Why do I think they must be smart? I imagine that really smart people are highly likely to speak fluent English. So, when I see people who speak fluent English, I think they must be really smart people.

Wrong answer! I just fell for the representativeness heuristic. This says that, to decide whether an object belongs to some class, we will just look at how similar it is to this class.

Specifically, I fell for base-rate neglect here. I failed to realize that although smart people may speak fluent English, there are a lot of non-smart people in the world and even if some small fraction speaks fluent English, that would swamp out the previous effect. To illustrate, assume that 1% of people are “really smart” according to me - so, around 1,000 in a population of 100,000.

Further, assume that 100% of all smart people speak fluent English (unlikely, and unfair to those from non-English backgrounds, but still) - so, around 1,000 smart and fluent speakers. Next, let’s say just 5% of “non-smart” people speak English fluently - maybe by paying attention to American movies and sitcoms, or by just talking a lot and trying to impress each other instead of having their nose in a book all the time. I’m caricaturing them unfairly, but that gives us 5,000 non-smart but fluent speakers. So, you have 1,000 smart, fluent speakers and 5,000 non-smart, fluent speakers - a total of 6,000 fluent speakers.

Now, given that you see someone speak fluently, how likely are they to be a smart person? Well, it’s 1,000 out of 6,000 - a chance of around 17% percent. It’s five times as likely that it’s a non-smart person. And remember, I assumed that all smart people speak fluent English, which is not the case.

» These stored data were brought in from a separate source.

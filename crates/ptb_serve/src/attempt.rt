// This file has the result of serving a request for a program that was loaded.

ghost use Rattle.std.specs.Prelude.{◌≡◌, None};
ghost use Rattle.ptb_serve.specs.ListMismatches.{refused_attempt, unstarted_attempt};

use crate::list_mismatch::ListMismatch;
use crate::note::Note;
use ptb_explore::OpenFault;

// The status, or the note that says why there is none; why a list fits no run, where that is known;
// and the line at which the limit stopped a run.
#[derive(Drop)]
pub(crate) struct Attempt {
    pub served: Result<u8, Note>,
    pub mismatch: Option<ListMismatch>,
    pub line: Option<u16>,
}

impl Attempt {
    // An attempt of which nothing more is known.
    pub(crate) fn without_mismatch(served: Result<u8, Note>) -> Attempt
        ensures { result ≡ record { served = served; mismatch = None; line = None } }
    {
        Attempt {
            served,
            mismatch: None,
            line: None,
        }
    }

    // The attempt of a listing whose list fits no run.
    fn refused(mismatch: ListMismatch) -> Attempt
        ensures { result ≡ refused_attempt mismatch }
    {
        Attempt {
            served: Err(mismatch.note()),
            mismatch: Some(mismatch),
            line: None,
        }
    }

    // The attempt of a listing that is not started. A list that fits no run is refused, and never
    // for lack of memory.
    pub(crate) fn unstarted(why: OpenFault) -> Attempt
        ensures { result ≡ unstarted_attempt why }
    {
        match why {
            OpenFault::NoBeginning(mismatch) => Attempt::refused(ListMismatch::Under(mismatch)),
            OpenFault::NotARun(mismatch) => Attempt::refused(ListMismatch::After(mismatch)),
            OpenFault::Memory => Attempt::without_mismatch(Err(Note::OutOfMemory)),
        }
    }
}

Plus, I only assumed that around 5% of non-smart people speak fluently, which is probably an underestimate, given how American influences are spreading in India, and how social norms are changing to reward sounding fluent in English.

So, the next time I see some fluent speaker and start feeling insecure, I need to remember to factor in the base rate of non-smart people. Phew.

Notes

Note that I don’t understand precisely when we will make this mistake. I need to study the original papers more to get that level of understanding.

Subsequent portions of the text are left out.